#### [Assigned task]
What does the data read, word for word, from the line containing "disk < (Self.meaning" through its final line? Give those lines only.

#### [Exercise materials]

=== Section Start ===

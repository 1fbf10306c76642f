// A shelf whose units are disks, which can be crashed and made to fail.
ghost use Rattle.std.specs.Prelude.{◌≡◌, ◌≢◌, ◌<◌, ◌≤◌, ℕ, IsTrue, IsFalse, true, false, Some, Err, OnOk, IfErr};
ghost use Rattle.vx_model.specs.declared.errors.Stop.TheVariants.{No as Refused};
ghost use Rattle.vx_model.specs.declared.no.Counted.TheVariants.{Disks, Blocks};
ghost use Rattle.vx_model.specs.declared.no.No.TheVariants.{Limit};
ghost use Rattle.vx_disk.specs.Causes.{OnDisks, WithDisks};
ghost use Rattle.vx_disk.specs.Disks.{Crashed, SameBlocks, Untouched};
ghost use Rattle.vx_disk.specs.Racks.{Alike, Fitted, FitStops, IsRack, Stopped, Telling, Unfitted, most_blocks};
ghost use Rattle.vx_disk.specs.Shelf.{Goes, Nothing};

use crate::Shelf;
use std::alloc::Global;
use vx_model::Stop;
use vx_model::limits::{LEAST_BLOCKS, MOST_DISKS};

/// The disks of a site: a shelf whose units they are.
pub trait Rack: Shelf + Send {
    /// Makes 1 to 8 disks of 8 blocks and more each: at most 16,384 blocks in memory, and 4,194,304 in files of the folder `dir`.
    /// Their blocks are zero where contents are told.
    ///
    /// It refuses more disks (19) before more blocks (19), answers 7 only where the count of the disk that it names rose,
    /// and may run out of memory. Then nothing changes but that count.
    fn fit(
        &mut self,
        alloc: Global,
        dir: Option<&str>,
        site: u32,
        disks: u32,
        blocks: u64,
    ) -> Result<(), Stop>
        requires unfitted { (Self.meaning self.old).units ≡ 0 }
        requires some_disks { 1 ≤ disks }
        requires some_blocks { LEAST_BLOCKS ≤ blocks }
        requires up { IsFalse (Self.meaning self.old).down }
        ensures fitted { OnOk result (Fitted disks blocks (Self.meaning self.old) (Self.meaning self.new)) }
        ensures tells { Telling dir.entry (Self.meaning self.old) (Self.meaning self.new) }
        ensures many_disks { MOST_DISKS < disks → result ≡ Err (Refused (Limit Disks MOST_DISKS)) }
        ensures many_blocks { disks ≤ MOST_DISKS → most_blocks dir.entry < blocks → result ≡ Err (Refused (Limit Blocks (most_blocks dir.entry))) }
        ensures stops { disks ≤ MOST_DISKS → blocks ≤ most_blocks dir.entry → IfErr result (FitStops disks (Self.meaning self.old) (Self.meaning self.new)) }
        ensures unchanged { IfErr result (Unfitted (Self.meaning self.old) (Self.meaning self.new)) };

    /// All disks stop at one moment. The loose blocks are numbered from 0 by disk, then by block: each takes its latest value
    /// where the bit of its number modulo 64 in `pick` is 1, else its stable value. The fuse ends.
    fn crash(&mut self, pick: u64)
        ensures stopped { Stopped (Self.meaning self.old) (Self.meaning self.new) }
        ensures disks { OnDisks (Self.meaning self.old).disks (Self.meaning self.new).disks (Crashed (Self.meaning self.old).size pick) };

    /// Lets that many writes and flushes pass; reads do not count. The next changes nothing and is a crash.
    fn fuse(&mut self, calls: u64, pick: u64)
        ensures alike { Alike (Self.meaning self.old) (Self.meaning self.new) }
        ensures down { (Self.meaning self.new).down ≡ (Self.meaning self.old).down }
        ensures armed { IsTrue (Self.meaning self.new).armed }
        ensures disks { OnDisks (Self.meaning self.old).disks (Self.meaning self.new).disks (λ o n. SameBlocks o n × (n.fuse ≡ Some (calls, pick))) };

    /// Makes each later call on the disk fail, or ends that.
    fn fail(&mut self, disk: u32, on: bool)
        requires { disk < (Self.meaning self.old).units }
        ensures goes { Goes Nothing (Self.meaning self.old) (Self.meaning self.new) }
        ensures alike { Alike (Self.meaning self.old) (Self.meaning self.new) }
        ensures down { (Self.meaning self.new).down ≡ (Self.meaning self.old).down }
        ensures armed { (Self.meaning self.new).armed ≡ (Self.meaning self.old).armed }
        ensures disks { WithDisks (Self.meaning self.old).disks (Self.meaning self.new).disks (λ o n. Untouched o n × (n.failing disk ≡ on) × ((u : ℕ) → u ≢ disk → n.failing u ≡ o.failing u)) };

    /// Ends the down state.
    fn revive(&mut self)
        requires { IsTrue (Self.meaning self.old).down }
        ensures alike { Alike (Self.meaning self.old) (Self.meaning self.new) }
        ensures up { IsFalse (Self.meaning self.new).down }
        ensures armed { (Self.meaning self.new).armed ≡ (Self.meaning self.old).armed }
        ensures disks { OnDisks (Self.meaning self.old).disks (Self.meaning self.new).disks Untouched };

    ghost rack: { (s : Self) → IsRack (Self.meaning s) };
}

=== Section End ===

#### [Answer]
        requires { disk < (Self.meaning self.old).units }
        ensures goes { Goes Nothing (Self.meaning self.old) (Self.meaning self.new) }
        ensures alike { Alike (Self.meaning self.old) (Self.meaning self.new) }
        ensures down { (Self.meaning self.new).down ≡ (Self.meaning self.old).down }
        ensures armed { (Self.meaning self.new).armed ≡ (Self.meaning self.old).armed }
        ensures disks { WithDisks (Self.meaning self.old).disks (Self.meaning self.new).disks (λ o n. Untouched o n × (n.failing disk ≡ on) × ((u : ℕ) → u ≢ disk → n.failing u ≡ o.failing u)) };

    /// Ends the down state.
    fn revive(&mut self)
        requires { IsTrue (Self.meaning self.old).down }
        ensures alike { Alike (Self.meaning self.old) (Self.meaning self.new) }
        ensures up { IsFalse (Self.meaning self.new).down }
        ensures armed { (Self.meaning self.new).armed ≡ (Self.meaning self.old).armed }
        ensures disks { OnDisks (Self.meaning self.old).disks (Self.meaning self.new).disks Untouched };

    ghost rack: { (s : Self) → IsRack (Self.meaning s) };
}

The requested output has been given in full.